Ligin yarısına gelirken son haftaların en hızlı Fenerbahçesini gördük.
Lakin hız başka, telaş başka. Antrenman boksörü gibi vurmadan darbe bekleyen rakip karşısında üçüncü bölgeye kadar şimşek gibi giden Fenerbahçe’nin ilk yarıda- orada eli ayağına karışıyordu sanki.
İlk devresi 4-5 golle bitecek maçta Kayserispor’un tek taktiği Hanrique ile topu taşıyıp Kanga ile skora gitmekti ki, Gustavo’dan başlayan Szalai takviyeli Fenerbahçe savunması karşısında hayal ötesiydi.
Yeni stoper Szalai elbette gelir gelmez Fenerbahçe savunmasının kralı olmadı… Lakin soğukkanlı bir kere. İkincisi oyunun içinde ayağındaki topu birine verirken bir hamle sonrasını düşünüp pas ihtimalini işaret ediyor takım arkadaşına.
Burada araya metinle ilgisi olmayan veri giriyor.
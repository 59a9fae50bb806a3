// How types are aligned (C90 6.1.2.5, 6.5.2.1).
ghost use Rattle.std.specs.Prelude.{◌≡◌, ◌≤◌};
ghost use Rattle.c_tree.specs.Layout.{members_of, alignment_within, alignment_of_members};
ghost use Rattle.c_defs.specs.Kept.{AreKept, bytes_aligned};

use crate::rows::{StructRow, row_at};
use c_tree::{CType, Member, StructDef, members};

/// Whether a type that is at most so deep is aligned at 4 bytes. The others are aligned at 1.
#[cycle(aligning)]
pub fn is_wide(defs: &[StructDef], rows: &[Option<StructRow<'_>>], deep: u32, t: &CType) -> bool
    requires kept { AreKept defs.now rows.now }
    requires deep { deep ≤ 64 }
    ensures { alignment_within defs.now deep t.now ≡ bytes_aligned result }
{
    if deep == 0 {
        return false;
    }
    match t {
        CType::Int | CType::Unsigned | CType::Pointer(_) => true,
        CType::Char | CType::Void => false,
        CType::Array(item, _) => is_wide(defs, rows, deep - 1, item),
        CType::Struct(s) => is_struct_wide(defs, rows, deep - 1, *s),
    }
}

/// Whether a member of a struct is aligned at 4 bytes.
#[cycle(aligning)]
fn is_struct_wide(defs: &[StructDef], rows: &[Option<StructRow<'_>>], deep: u32, s: u32) -> bool
    requires kept { AreKept defs.now rows.now }
    requires deep { deep ≤ 63 }
    ensures { alignment_of_members (alignment_within defs.now deep) (members_of defs.now s) ≡ bytes_aligned result }
{
    if let Some(row) = row_at(rows, s) {
        if row.deepest <= deep {
            return row.wide;
        }
    }
    any_wide(defs, rows, deep, members(defs, s))
}

/// Whether one of some members is aligned at 4 bytes.
#[cycle(aligning)]
pub fn any_wide(
    defs: &[StructDef],
    rows: &[Option<StructRow<'_>>],
    deep: u32,
    members: &[Member],
) -> bool
    requires kept { AreKept defs.now rows.now }
    requires deep { deep ≤ 64 }
    ensures { alignment_of_members (alignment_within defs.now deep) members.now ≡ bytes_aligned result }
{
    for member in members {
        if is_wide(defs, rows, deep, &member.ctype) {
            return true;
        }
    }
    false
}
Sol ayağı ile verdiği uzun çapraz topları yerini buluyor. Karizma kokuyor adam.
Fenerbahçe’nin ilk yarıdaki golü ise forvetin garanti belgesi gibiydi. Samatta, Pelkas, Thiam hepsi golün içinde. Tam anlamıyla ekip işiydi.
Fenerbahçe’nin iyisi her zamanki gibi Pelkas ile birlikte Gustavo, kötüsü Valencia idi. Doğal olarak 70. dakikaya kalmadan çıkıp yerini Sosa’ya bıraktı. Bu bir soru işareti; neden büyük bir düşüş içinde Valencia?
Valencia çıkana kadar Fenerbahçe Caner ile tek kanat oynuyordu ama kendi kaderini kendisi yazmış Kayserispor için yetip de artıyordu bile. Thiam sürekli içeri girip pas adamı olamadığı için orta yapmaktan başka çaresi kalmıyordu Fenerbahçe sol bekinin.
İkinci yarı da golle başladı Fenerbahçe için. Daha da önemlisi, sakin ve güvenli bir Fenerbahçe vardı sahada.
Ardından oyuna giren Cisse’nin üçüncü golü geldi.
Goller bir yana asıl tek kale maç şehvetini yaşattı ev sahibine Kayserispor. Olması gerekenin sebebi oldu.
Ancak, tam anlamıyla teslim olmuş Kayserispor karşısında net galibiyet Fenerbahçe’ye farklı hayaller yaratmasın.
Adeta bir hediye gibiydi Kayserispor. Hücum etmeyen, savunmada temassız oynayan, boyu uzun, orta sahası etkisiz takım her zaman bulunmaz.
Varsa tadına doyum olmuyor ama aldanmamak lazım.